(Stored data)

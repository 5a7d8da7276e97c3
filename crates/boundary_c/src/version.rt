// Which header this archive is of.
ghost use Rattle.std.specs.Prelude.{◌≡◌};
ghost use Rattle.boundary.specs.Version.{version};

// The header's NOOSELESS_VERSION.
#[unsafe(no_mangle)]
pub extern "C" fn nooseless_version() -> u32
    ensures { result ≡ version }
{
    boundary::version::nooseless_version()
}
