// A console in C's hands: its state is 37 bytes that the caller keeps.
ghost use Rattle.std.specs.Prelude.{◌≡◌};
ghost use Rattle.ends_console.specs.Fields.{fresh_console, console_ok};
ghost use Rattle.boundary.specs.State.{length_refusal, written, start_refusal, started, state_record_refusal, state_record_put};
ghost use Rattle.boundary.specs.Console.{console_bytes, console_at};
ghost use Rattle.boundary.specs.Console.{console_record, start_at, downed_bytes, console_state_step};

// Up and idle, with any last used.
#[unsafe(no_mangle)]
pub extern "C" fn nooseless_console_fresh(state: &mut [u8], last_used: u32) -> u8
    ensures { (result ≡ length_refusal 37 state.old) × (state.new ≡ written 37 state.old (console_bytes (fresh_console (record { 0 = last_used })))) }
{
    boundary::console::nooseless_console_fresh(state, last_used)
}

// After power loss: down, with the numbers of the console's number record, of either version, and no answer.
#[unsafe(no_mangle)]
pub extern "C" fn nooseless_console_downed(state: &mut [u8], record: &[u8]) -> u8
    ensures { (result ≡ start_refusal 37 state.old (start_at «record».now)) × (state.new ≡ started 37 state.old (start_at «record».now) (downed_bytes «record».now)) }
{
    boundary::console::nooseless_console_downed(state, record)
}

// The number record to keep where a step told that it changed.
#[unsafe(no_mangle)]
pub extern "C" fn nooseless_console_record(state: &[u8], out: &mut [u8]) -> u8
    ensures { (result ≡ state_record_refusal (console_ok (console_at state.now)) (console_record (console_at state.now)) out.old) × (out.new ≡ state_record_put (console_ok (console_at state.now)) (console_record (console_at state.now)) out.old) }
{
    boundary::console::nooseless_console_record(state, out)
}

// P Q D S C V A of a console run alone.
#[unsafe(no_mangle)]
pub extern "C" fn nooseless_console_step(
    state: &mut [u8],
    letter: u8,
    message: &[u8; 16],
    packet: &[u8],
    reply: &mut [u8],
) -> u8
    ensures { record { told = result; state = state.new; reply = reply.new } ≡ console_state_step state.old letter message.now packet.now reply.old }
{
    boundary::console::nooseless_console_step(state, letter, message, packet, reply)
}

- **Task brief**
Take the entries above and return all of them exactly.

- **Written solution**
repository 5a7d8da7276e97c3
filename crates/boundary_c/src/version.rt
// Which header this archive is of.
ghost use Rattle.std.specs.Prelude.{◌≡◌};
ghost use Rattle.boundary.specs.Version.{version};

// The header's NOOSELESS_VERSION.
#[unsafe(no_mangle)]
pub extern "C" fn nooseless_version() -> u32
    ensures { result ≡ version }
{
    boundary::version::nooseless_version()
}
// A console in C's hands: its state is 37 bytes that the caller keeps.
ghost use Rattle.std.specs.Prelude.{◌≡◌};
ghost use Rattle.ends_console.specs.Fields.{fresh_console, console_ok};
ghost use Rattle.boundary.specs.State.{length_refusal, written, start_refusal, started, state_record_refusal, state_record_put};
ghost use Rattle.boundary.specs.Console.{console_bytes, console_at};
ghost use Rattle.boundary.specs.Console.{console_record, start_at, downed_bytes, console_state_step};

// Up and idle, with any last used.
#[unsafe(no_mangle)]
pub extern "C" fn nooseless_console_fresh(state: &mut [u8], last_used: u32) -> u8
    ensures { (result ≡ length_refusal 37 state.old) × (state.new ≡ written 37 state.old (console_bytes (fresh_console (record { 0 = last_used })))) }
{
    boundary::console::nooseless_console_fresh(state, last_used)
}

// After power loss: down, with the numbers of the console's number record, of either version, and no answer.
#[unsafe(no_mangle)]
pub extern "C" fn nooseless_console_downed(state: &mut [u8], record: &[u8]) -> u8
    ensures { (result ≡ start_refusal 37 state.old (start_at «record».now)) × (state.new ≡ started 37 state.old (start_at «record».now) (downed_bytes «record».now)) }
{
    boundary::console::nooseless_console_downed(state, record)
}

// The number record to keep where a step told that it changed.
#[unsafe(no_mangle)]
pub extern "C" fn nooseless_console_record(state: &[u8], out: &mut [u8]) -> u8
    ensures { (result ≡ state_record_refusal (console_ok (console_at state.now)) (console_record (console_at state.now)) out.old) × (out.new ≡ state_record_put (console_ok (console_at state.now)) (console_record (console_at state.now)) out.old) }
{
    boundary::console::nooseless_console_record(state, out)
}

// P Q D S C V A of a console run alone.
#[unsafe(no_mangle)]
pub extern "C" fn nooseless_console_step(
    state: &mut [u8],
    letter: u8,
    message: &[u8; 16],
    packet: &[u8],
    reply: &mut [u8],
) -> u8
    ensures { record { told = result; state = state.new; reply = reply.new } ≡ console_state_step state.old letter message.now packet.now reply.old }
{
    boundary::console::nooseless_console_step(state, letter, message, packet, reply)
}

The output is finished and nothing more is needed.